On the Brauer group for the main open set in the affine space (Q1373661)

This paper deals with the calculation of the Brauer group of the complement of an affine hypersurface. More precisely, let \(k\) be an algebraically closed field f positive characteristic \(p\) and let \(f=f_1^{a_1} \dots f_m^{a_m} \in k[x_1, \dots,x_n]\) with \(f_i\) distinct irreducibles. Let \(Y_i\) (respectively \(Y\)) denote the closure of \(f_i^{-1}(0) \subset \mathbb A^n\) (respectively \(f^{-1}(0) \subset \mathbb A^n\)) in \(\mathbb P^n\). Under the assumption that some \(f_i\) is linear and that each \(Y_i\) is non-singular with trivial Brauer group and Picard group \(\mathbb Z\), the author announces a calculation (modulo \(p\)-groups) of the Brauer group of \(\mathbb P^n -Y = \mathbb A^n - f^{-1}(0)\).
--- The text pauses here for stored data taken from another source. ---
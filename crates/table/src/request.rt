// What arrives in a stretch of time, of one row and of all (the request bound function; docs/SPECIFICATION.md §2.4).
ghost use Rattle.std.specs.Prelude.{◌≡◌, ◌*◌, ◌<◌, ◌≤◌};
ghost use Rattle.bounded.specs.Quotient.{ceil_div};
ghost use Rattle.edf.specs.Demand.{row_request_lem, request};
ghost use Rattle.table.specs.Rows.{tasks_of};
ghost use Rattle.bounded.specs.Within.{Within};
ghost use Rattle.table.specs.Inverse.{inverse_of_lem, Tame};

use super::fit::FitTable;
use super::inverse::{Prepared, quotient};

// a / b, rounded up. Internal: its callers have b from a row that keeps its rule.
pub fn ceiling(a: u64, b: u64, inverse: u64) -> u64
    requires { (a ≤ 1000000) × (1 ≤ b) × (b ≤ 1000000) × (inverse ≡ inverse_of_lem b) }
    ensures { result ≡ ceil_div a b }
{
    quotient(a + (b - 1), b, inverse)
}

// What the row k asks for in the stretch x. Internal: its callers have k from a row that keeps its rule.
pub fn ask(k: Prepared, x: u64) -> u64
    requires { Tame k × (x ≤ 1000000) }
    ensures { Within 1000000000000 (k.run * ceil_div x k.period) result }
{
    k.run * ceiling(x, k.period, k.inverse)
}

// One row's part. Internal: its callers loop over the rows that there are.
pub fn row_request(table: &FitTable, i: usize, x: u64) -> u64
    requires { (i < (tasks_of table.now.words.now).rows) × (x ≤ 1000000) }
    ensures { Within 1000000000000 (row_request_lem (tasks_of table.now.words.now) x i) result }
{
    let k = table.prepare(i);
    ask(k, x)
}

// The sum over all rows of C times (x divided by T, rounded up). Internal: no caller looks past 1,000,000.
pub fn requested(table: &FitTable, x: u64) -> u64
    requires { x ≤ 1000000 }
    ensures { Within 16000000000000 (request (tasks_of table.now.words.now) x) result }
{
    let n = table.rows();
    let mut sum = 0;
    for i in 0..n {
        sum += row_request(table, i, x);
    }
    sum
}
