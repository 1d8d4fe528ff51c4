// What a session's check asks of a table: the kind that it is admitted as, and which rows are brittle (docs/SPECIFICATION.md
// §5.2). It needs no busy length, nor which refusal it is, and so takes less than `opinion`.
ghost use Rattle.std.specs.Prelude.{◌≡◌};
ghost use Rattle.table.specs.Rows.{tasks_of, Fit};
ghost use Rattle.table.specs.Opinion.{kind_number};
ghost use Rattle.table.specs.Kind.{FitKind, KindFor};

use super::budgets::all_budgets;
use super::fit::FitTable;
use super::ill_sized;
use super::inverse::inverses_of;
use super::overload::search;
use super::rows::first_broken;
use super::settle::settling;

// The kind of an admitted table; 1, 2 or 3 where it is a number.
#[derive(Clone, Copy)]
pub enum Kind {
    Loose,
    Tight,
    Mixed,
}

impl From<Kind> for u64 {
    ghost from_gives = { λ k n. n ≡ kind_number k };

    fn from(kind: Kind) -> u64 {
        match kind {
            Kind::Loose => 1,
            Kind::Tight => 2,
            Kind::Mixed => 3,
        }
    }
}

// An admitted table's kind, and which of its rows are brittle.
#[derive(Clone, Copy)]
pub struct Admission {
    pub kind: Kind,
    pub brittle: [bool; 16],
}

// The kind of rows that keep their rule.
fn fit_kind(words: &[u32]) -> Option<Admission>
    requires { Fit (tasks_of words.now) }
    ensures { FitKind (tasks_of words.now) result }
{
    let inverses = inverses_of(words);
    let table = FitTable {
        words,
        inverses: &inverses,
    };
    let b = all_budgets(&table);
    let brittle = b.brittle;
    if b.loose {
        return Some(Admission {
            kind: Kind::Loose,
            brittle,
        });
    }
    let end = settling(&table)?;
    let s = search(&table, 0, end);
    if s.found.is_some() {
        return None;
    }
    let kind = if b.firm { Kind::Mixed } else { Kind::Tight };
    Some(Admission { kind, brittle })
}

// The kind of any slice; none where the table is refused.
pub fn kind_of(words: &[u32]) -> Option<Admission>
    ensures { KindFor words.now result }
{
    if ill_sized(words.len()) {
        return None;
    }
    if first_broken(words).is_some() {
        return None;
    }
    fit_kind(words)
}
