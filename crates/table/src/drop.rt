// An upper bound on every exceeded tick up to t, from the rows' utilisation (docs/SPECIFICATION.md §3.1): where the search
// would take many short steps, it goes on below it, or sieves the ticks.
ghost use Rattle.std.specs.Prelude.{◌≡◌, ◌+◌, ◌-◌, ◌*◌, ◌≤◌, ◌<◌, ltb};
ghost use Rattle.edf.specs.Jobs.{jobs_by_lem};
ghost use Rattle.edf.specs.Demand.{demand};
ghost use Rattle.table.specs.Rows.{tasks_of};
ghost use Rattle.bounded.specs.Within.{Within};
ghost use Rattle.table.specs.Inverse.{Tame};
ghost use Rattle.table.specs.Sieve.{Lag};
ghost use Rattle.table.specs.Drop.{rise_by, LightHolding, holding_by, Held, drop_by, Drop, Lower};

use super::demand::{jobs_by, owe};
use super::fit::FitTable;
use super::inverse::Prepared;
use super::sieve::sieve;

// Rows with a deadline after some tick, counted by their shares of time, in parts of 2 to the 32nd and rounded up, and by
// what they are ahead by, since their deadlines come before their periods' ends; and what is due of the others.
#[derive(Clone, Copy)]
struct Holding {
    rises: u64,
    leads: u64,
    held: u64,
}

// Whether a job of the row k falls due after b, up to t: the last one's deadline is (jobs by t) × T − (T − D).
fn due(k: Prepared, t: u64, b: u64) -> bool
    requires { Tame k × (t ≤ 1000000) × (b ≤ 1000000) }
    ensures { result ≡ ltb (b + (k.period - k.deadline)) (k.period * jobs_by_lem k.deadline k.period t) }
{
    b + (k.period - k.deadline) < k.period * jobs_by(k.deadline, k.period, k.inverse, t)
}

fn rise(k: Prepared) -> u64
    requires { Tame k }
    ensures { Within 4294968400 (rise_by k.run k.period) result }
{
    k.run * k.inverse / 1024 + 1
}

// What the share v brings between the row's deadline and its period's end.
fn lead(k: Prepared, v: u64) -> u64
    requires { Tame k × (v ≤ 4294968400) }
    ensures { Within 5000000000000000 (v * (k.period - k.deadline)) result }
{
    v * (k.period - k.deadline)
}

// h with one row more, at t: by its share if it has a deadline after b.
fn with_row(h: Holding, k: Prepared, t: u64, b: u64) -> Holding
    requires { LightHolding h × Tame k × (t ≤ 1000000) × (b ≤ 1000000) }
    ensures { result ≡ holding_by h k t b }
{
    if due(k, t, b) {
        let v = rise(k);
        return Holding {
            rises: h.rises + v,
            leads: h.leads + lead(k, v),
            held: h.held,
        };
    }
    Holding {
        rises: h.rises,
        leads: h.leads,
        held: h.held + owe(k, t),
    }
}

fn hold(table: &FitTable, t: u64, b: u64) -> Holding
    requires { (t ≤ 1000000) × (b ≤ 1000000) }
    ensures { Held (tasks_of table.now.words.now) t b (tasks_of table.now.words.now).rows result }
{
    let n = table.rows();
    let mut h = Holding {
        rises: 0,
        leads: 0,
        held: 0,
    };
    for i in 0..n {
        let k = table.prepare(i);
        h = with_row(h, k, t, b);
    }
    h
}

// What t ticks bring of the shares v above 1.
fn surplus(t: u64, v: u64) -> u64
    requires { (t ≤ 1000000) × (4294967296 ≤ v) × (v ≤ 68719494400) }
    ensures { Within 64424527104000000 (t * (v - 4294967296)) result }
{
    t * (v - 4294967296)
}

// The last tick, up to t, by which the work w and the lead e can exceed what the shares v leave.
fn reached(t: u64, v: u64, e: u64, w: u64) -> u64
    requires { (t ≤ 1000000) × (v ≤ 68719494400) × (e ≤ 80000000000000000) }
    ensures { result ≡ drop_by t v e w }
{
    if 1000001 < w {
        return t;
    }
    let m = e + 4294967296 * w;
    if v < 4294967296 {
        return m.saturating_sub(4294967296) / (4294967296 - v);
    }
    if m + surplus(t, v) < 4294967296 {
        return 0;
    }
    t
}

// The bound where a row is counted by its share if it has a deadline after b.
fn drop_at(table: &FitTable, t: u64, b: u64) -> u64
    requires { (t ≤ 1000000) × (b ≤ 1000000) }
    ensures { Drop (tasks_of table.now.words.now) t result }
{
    let h = hold(table, t, b);
    reached(t, h.rises, h.leads, h.held)
}

// The best of the first four bounds up to t, each for the rows with a deadline after the one before; u if none is lower.
// `leaps` goes the other way. One function for both would take the bound, the test and what each promises as parameters.
fn drops(table: &FitTable, t: u64, h: u64, u: u64) -> u64
    requires { (t ≤ 1000000) × (h ≤ t) × Lower (tasks_of table.now.words.now) t h u }
    ensures { Lower (tasks_of table.now.words.now) t h result }
{
    let mut at = u;
    for _ in 0..4 {
        let b = drop_at(table, t, at);
        if at <= b {
            return at;
        }
        at = b;
    }
    at
}

// The same by the sieve: the ticks back from t as long as the slack t − h lasts.
fn sift(table: &FitTable, t: u64, h: u64) -> u64
    requires { (256 ≤ t) × (t ≤ 1000000) × (h ≤ t) × (t - h < 256) × Within 16000000000000 (demand (tasks_of table.now.words.now) t) h }
    ensures { Lower (tasks_of table.now.words.now) t h result }
{
    let s = t - h;
    t - sieve(table, t, true, s)
}

// Where the search goes on below t, whose demand h is no more than t: below h. At the 16th sum and every 64th from there on,
// at the bound if that is lower. Where the steps lag behind the sieve at every 16th, and else by the sieve. Internal: its
// callers have h as the demand.
pub fn lower(table: &FitTable, t: u64, h: u64, sums: u64, lag: u64) -> u64
    requires { (t ≤ 1000000) × (h ≤ t) × Lag (t - h) lag × Within 16000000000000 (demand (tasks_of table.now.words.now) t) h }
    ensures { Lower (tasks_of table.now.words.now) t h result }
{
    let u = h.saturating_sub(1);
    if sums % 64 == 16 {
        return drops(table, t, h, u);
    }
    if lag < 256 {
        return u;
    }
    if sums % 16 == 0 {
        return drops(table, t, h, u);
    }
    if t < 256 {
        return u;
    }
    sift(table, t, h)
}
The calculation proceeds as follows: Let \(\overline{Y}=\prod Y_i\), let \(\pi: \overline{Y} \to Y\) be the map induced by the inclusions, let \(\sigma Y\) be the set of singular points of \(Y\) and let \(\sigma \overline{Y}=\pi^{-1}(\sigma Y)\). Then let \(l\) be the number of irreducible components of \(\sigma \overline{Y}\) and \(s\) the number of irreducible components of \(\sigma Y\). Then, modulo \(p\)-groups, \(\text{Br} (\mathbb P^n -Y)=(\mathbb Q/\mathbb Z)^r\) where \(r=l-m-s\).